- [YOUR OBJECTIVE]: A word-for-word repetition of the records beneath this task is the expected answer.

GIVEN RECORDS below:

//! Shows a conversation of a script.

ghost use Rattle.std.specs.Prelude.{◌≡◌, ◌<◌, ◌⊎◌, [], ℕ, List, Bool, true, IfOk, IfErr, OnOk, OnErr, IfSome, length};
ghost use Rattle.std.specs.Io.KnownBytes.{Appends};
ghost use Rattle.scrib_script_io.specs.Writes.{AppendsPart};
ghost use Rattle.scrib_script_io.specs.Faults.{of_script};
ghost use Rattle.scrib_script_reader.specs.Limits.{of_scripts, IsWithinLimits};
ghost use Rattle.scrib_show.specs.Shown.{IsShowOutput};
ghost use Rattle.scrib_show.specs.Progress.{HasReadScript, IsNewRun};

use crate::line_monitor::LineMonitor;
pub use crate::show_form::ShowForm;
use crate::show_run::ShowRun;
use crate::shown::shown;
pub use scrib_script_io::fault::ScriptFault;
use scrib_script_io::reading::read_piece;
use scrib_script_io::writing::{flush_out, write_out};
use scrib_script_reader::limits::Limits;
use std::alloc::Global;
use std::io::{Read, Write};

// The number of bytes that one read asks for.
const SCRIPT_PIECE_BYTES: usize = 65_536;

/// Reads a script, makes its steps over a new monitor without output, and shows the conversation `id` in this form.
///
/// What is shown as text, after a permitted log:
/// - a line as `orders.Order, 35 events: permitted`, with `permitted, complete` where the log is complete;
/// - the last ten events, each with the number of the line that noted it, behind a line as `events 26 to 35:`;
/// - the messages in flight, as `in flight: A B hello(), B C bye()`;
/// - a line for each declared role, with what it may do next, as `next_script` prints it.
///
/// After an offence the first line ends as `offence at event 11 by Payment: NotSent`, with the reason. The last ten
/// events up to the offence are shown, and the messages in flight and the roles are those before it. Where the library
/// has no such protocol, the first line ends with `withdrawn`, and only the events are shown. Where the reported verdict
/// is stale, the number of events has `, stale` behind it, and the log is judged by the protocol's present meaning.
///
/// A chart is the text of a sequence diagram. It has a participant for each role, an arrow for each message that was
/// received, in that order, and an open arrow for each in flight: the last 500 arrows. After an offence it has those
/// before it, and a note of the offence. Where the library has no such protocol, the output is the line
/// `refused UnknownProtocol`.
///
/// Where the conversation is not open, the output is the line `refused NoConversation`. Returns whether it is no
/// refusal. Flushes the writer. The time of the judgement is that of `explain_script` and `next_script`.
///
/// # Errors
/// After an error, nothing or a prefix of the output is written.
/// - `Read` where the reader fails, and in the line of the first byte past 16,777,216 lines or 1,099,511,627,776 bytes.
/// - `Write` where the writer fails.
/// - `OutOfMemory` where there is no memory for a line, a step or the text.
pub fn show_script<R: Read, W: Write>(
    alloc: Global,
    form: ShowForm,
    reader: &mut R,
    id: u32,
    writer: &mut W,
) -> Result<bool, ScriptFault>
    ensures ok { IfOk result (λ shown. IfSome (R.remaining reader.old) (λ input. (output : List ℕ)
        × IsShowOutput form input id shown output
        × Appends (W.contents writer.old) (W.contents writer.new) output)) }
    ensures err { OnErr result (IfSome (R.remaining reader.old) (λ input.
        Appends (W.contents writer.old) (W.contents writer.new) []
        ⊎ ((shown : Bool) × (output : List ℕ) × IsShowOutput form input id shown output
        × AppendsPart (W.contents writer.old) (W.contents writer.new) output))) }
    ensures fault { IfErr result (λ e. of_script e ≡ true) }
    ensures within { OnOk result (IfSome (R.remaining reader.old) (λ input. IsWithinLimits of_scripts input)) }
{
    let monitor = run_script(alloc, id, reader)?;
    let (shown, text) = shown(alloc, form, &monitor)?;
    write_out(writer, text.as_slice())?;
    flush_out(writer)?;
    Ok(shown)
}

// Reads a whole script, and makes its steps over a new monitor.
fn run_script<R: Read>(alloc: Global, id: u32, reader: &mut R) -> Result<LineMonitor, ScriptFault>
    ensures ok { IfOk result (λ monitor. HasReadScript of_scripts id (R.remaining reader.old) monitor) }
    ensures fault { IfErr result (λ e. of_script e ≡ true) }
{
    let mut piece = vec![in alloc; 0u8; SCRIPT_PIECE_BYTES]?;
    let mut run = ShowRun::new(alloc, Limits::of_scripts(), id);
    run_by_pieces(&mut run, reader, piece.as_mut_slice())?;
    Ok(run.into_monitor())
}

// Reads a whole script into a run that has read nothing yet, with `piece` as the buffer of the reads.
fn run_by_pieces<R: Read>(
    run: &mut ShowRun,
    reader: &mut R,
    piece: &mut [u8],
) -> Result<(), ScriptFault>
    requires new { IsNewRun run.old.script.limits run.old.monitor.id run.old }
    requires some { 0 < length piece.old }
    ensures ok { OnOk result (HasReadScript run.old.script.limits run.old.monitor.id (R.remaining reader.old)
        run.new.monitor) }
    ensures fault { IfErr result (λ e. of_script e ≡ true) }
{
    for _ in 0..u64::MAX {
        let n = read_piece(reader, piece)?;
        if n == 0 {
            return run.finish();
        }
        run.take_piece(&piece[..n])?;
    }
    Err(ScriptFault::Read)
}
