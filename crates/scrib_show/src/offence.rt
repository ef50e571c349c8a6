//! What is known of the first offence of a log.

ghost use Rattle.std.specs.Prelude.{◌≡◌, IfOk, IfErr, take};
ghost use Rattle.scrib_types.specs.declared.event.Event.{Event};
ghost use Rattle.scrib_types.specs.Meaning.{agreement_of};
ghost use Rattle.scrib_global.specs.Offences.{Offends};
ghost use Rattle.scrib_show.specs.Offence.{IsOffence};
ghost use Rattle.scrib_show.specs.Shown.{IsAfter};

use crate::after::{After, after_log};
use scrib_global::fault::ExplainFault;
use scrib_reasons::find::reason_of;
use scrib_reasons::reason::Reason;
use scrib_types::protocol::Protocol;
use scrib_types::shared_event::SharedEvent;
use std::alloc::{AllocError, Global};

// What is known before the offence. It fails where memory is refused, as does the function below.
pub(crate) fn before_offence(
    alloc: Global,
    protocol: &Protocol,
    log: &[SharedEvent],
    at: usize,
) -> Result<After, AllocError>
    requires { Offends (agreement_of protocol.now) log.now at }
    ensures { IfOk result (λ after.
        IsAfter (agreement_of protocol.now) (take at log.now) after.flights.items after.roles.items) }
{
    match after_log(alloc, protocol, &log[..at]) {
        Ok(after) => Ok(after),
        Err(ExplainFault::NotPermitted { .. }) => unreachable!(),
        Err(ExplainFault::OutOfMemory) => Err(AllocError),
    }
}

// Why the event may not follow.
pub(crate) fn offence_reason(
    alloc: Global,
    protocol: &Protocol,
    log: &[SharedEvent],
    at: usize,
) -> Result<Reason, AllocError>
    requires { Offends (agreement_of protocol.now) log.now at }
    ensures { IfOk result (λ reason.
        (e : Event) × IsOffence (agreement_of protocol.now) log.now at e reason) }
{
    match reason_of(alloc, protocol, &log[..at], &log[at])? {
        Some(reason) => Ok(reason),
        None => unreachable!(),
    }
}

End of GIVEN RECORDS.

- [OUTPUT BELOW]:
//! Shows a conversation of a script.

ghost use Rattle.std.specs.Prelude.{◌≡◌, ◌<◌, ◌⊎◌, [], ℕ, List, Bool, true, IfOk, IfErr, OnOk, OnErr, IfSome, length};
ghost use Rattle.std.specs.Io.KnownBytes.{Appends};
ghost use Rattle.scrib_script_io.specs.Writes.{AppendsPart};
ghost use Rattle.scrib_script_io.specs.Faults.{of_script};
ghost use Rattle.scrib_script_reader.specs.Limits.{of_scripts, IsWithinLimits};
ghost use Rattle.scrib_show.specs.Shown.{IsShowOutput};
ghost use Rattle.scrib_show.specs.Progress.{HasReadScript, IsNewRun};

use crate::line_monitor::LineMonitor;
pub use crate::show_form::ShowForm;
use crate::show_run::ShowRun;
use crate::shown::shown;
pub use scrib_script_io::fault::ScriptFault;
use scrib_script_io::reading::read_piece;
use scrib_script_io::writing::{flush_out, write_out};
use scrib_script_reader::limits::Limits;
use std::alloc::Global;
use std::io::{Read, Write};

// The number of bytes that one read asks for.
const SCRIPT_PIECE_BYTES: usize = 65_536;

/// Reads a script, makes its steps over a new monitor without output, and shows the conversation `id` in this form.
///
/// What is shown as text, after a permitted log:
/// - a line as `orders.Order, 35 events: permitted`, with `permitted, complete` where the log is complete;
/// - the last ten events, each with the number of the line that noted it, behind a line as `events 26 to 35:`;
/// - the messages in flight, as `in flight: A B hello(), B C bye()`;
/// - a line for each declared role, with what it may do next, as `next_script` prints it.
///
/// After an offence the first line ends as `offence at event 11 by Payment: NotSent`, with the reason. The last ten
/// events up to the offence are shown, and the messages in flight and the roles are those before it. Where the library
/// has no such protocol, the first line ends with `withdrawn`, and only the events are shown. Where the reported verdict
/// is stale, the number of events has `, stale` behind it, and the log is judged by the protocol's present meaning.
///
/// A chart is the text of a sequence diagram. It has a participant for each role, an arrow for each message that was
/// received, in that order, and an open arrow for each in flight: the last 500 arrows. After an offence it has those
/// before it, and a note of the offence. Where the library has no such protocol, the output is the line
/// `refused UnknownProtocol`.
///
/// Where the conversation is not open, the output is the line `refused NoConversation`. Returns whether it is no
/// refusal. Flushes the writer. The time of the judgement is that of `explain_script` and `next_script`.
///
/// # Errors
/// After an error, nothing or a prefix of the output is written.
/// - `Read` where the reader fails, and in the line of the first byte past 16,777,216 lines or 1,099,511,627,776 bytes.
/// - `Write` where the writer fails.
/// - `OutOfMemory` where there is no memory for a line, a step or the text.
pub fn show_script<R: Read, W: Write>(
    alloc: Global,
    form: ShowForm,
    reader: &mut R,
    id: u32,
    writer: &mut W,
) -> Result<bool, ScriptFault>
    ensures ok { IfOk result (λ shown. IfSome (R.remaining reader.old) (λ input. (output : List ℕ)
        × IsShowOutput form input id shown output
        × Appends (W.contents writer.old) (W.contents writer.new) output)) }
    ensures err { OnErr result (IfSome (R.remaining reader.old) (λ input.
        Appends (W.contents writer.old) (W.contents writer.new) []
        ⊎ ((shown : Bool) × (output : List ℕ) × IsShowOutput form input id shown output
        × AppendsPart (W.contents writer.old) (W.contents writer.new) output))) }
    ensures fault { IfErr result (λ e. of_script e ≡ true) }
    ensures within { OnOk result (IfSome (R.remaining reader.old) (λ input. IsWithinLimits of_scripts input)) }
{
    let monitor = run_script(alloc, id, reader)?;
    let (shown, text) = shown(alloc, form, &monitor)?;
    write_out(writer, text.as_slice())?;
    flush_out(writer)?;
    Ok(shown)
}

// Reads a whole script, and makes its steps over a new monitor.
fn run_script<R: Read>(alloc: Global, id: u32, reader: &mut R) -> Result<LineMonitor, ScriptFault>
    ensures ok { IfOk result (λ monitor. HasReadScript of_scripts id (R.remaining reader.old) monitor) }
    ensures fault { IfErr result (λ e. of_script e ≡ true) }
{
    let mut piece = vec![in alloc; 0u8; SCRIPT_PIECE_BYTES]?;
    let mut run = ShowRun::new(alloc, Limits::of_scripts(), id);
    run_by_pieces(&mut run, reader, piece.as_mut_slice())?;
    Ok(run.into_monitor())
}

// Reads a whole script into a run that has read nothing yet, with `piece` as the buffer of the reads.
fn run_by_pieces<R: Read>(
    run: &mut ShowRun,
    reader: &mut R,
    piece: &mut [u8],
) -> Result<(), ScriptFault>
    requires new { IsNewRun run.old.script.limits run.old.monitor.id run.old }
    requires some { 0 < length piece.old }
    ensures ok { OnOk result (HasReadScript run.old.script.limits run.old.monitor.id (R.remaining reader.old)
        run.new.monitor) }
    ensures fault { IfErr result (λ e. of_script e ≡ true) }
{
    for _ in 0..u64::MAX {
        let n = read_piece(reader, piece)?;
        if n == 0 {
            return run.finish();
        }
        run.take_piece(&piece[..n])?;
    }
    Err(ScriptFault::Read)
}
filename crates/scrib_show/src/offence.rt
repository ef50e571c349c8a6
//! What is known of the first offence of a log.

ghost use Rattle.std.specs.Prelude.{◌≡◌, IfOk, IfErr, take};
ghost use Rattle.scrib_types.specs.declared.event.Event.{Event};
ghost use Rattle.scrib_types.specs.Meaning.{agreement_of};
ghost use Rattle.scrib_global.specs.Offences.{Offends};
ghost use Rattle.scrib_show.specs.Offence.{IsOffence};
ghost use Rattle.scrib_show.specs.Shown.{IsAfter};

use crate::after::{After, after_log};
use scrib_global::fault::ExplainFault;
use scrib_reasons::find::reason_of;
use scrib_reasons::reason::Reason;
use scrib_types::protocol::Protocol;
use scrib_types::shared_event::SharedEvent;
use std::alloc::{AllocError, Global};

// What is known before the offence. It fails where memory is refused, as does the function below.
pub(crate) fn before_offence(
    alloc: Global,
    protocol: &Protocol,
    log: &[SharedEvent],
    at: usize,
) -> Result<After, AllocError>
    requires { Offends (agreement_of protocol.now) log.now at }
    ensures { IfOk result (λ after.
        IsAfter (agreement_of protocol.now) (take at log.now) after.flights.items after.roles.items) }
{
    match after_log(alloc, protocol, &log[..at]) {
        Ok(after) => Ok(after),
        Err(ExplainFault::NotPermitted { .. }) => unreachable!(),
        Err(ExplainFault::OutOfMemory) => Err(AllocError),
    }
}

// Why the event may not follow.
pub(crate) fn offence_reason(
    alloc: Global,
    protocol: &Protocol,
    log: &[SharedEvent],
    at: usize,
) -> Result<Reason, AllocError>
    requires { Offends (agreement_of protocol.now) log.now at }
    ensures { IfOk result (λ reason.
        (e : Event) × IsOffence (agreement_of protocol.now) log.now at e reason) }
{
    match reason_of(alloc, protocol, &log[..at], &log[at])? {
        Some(reason) => Ok(reason),
        None => unreachable!(),
    }
}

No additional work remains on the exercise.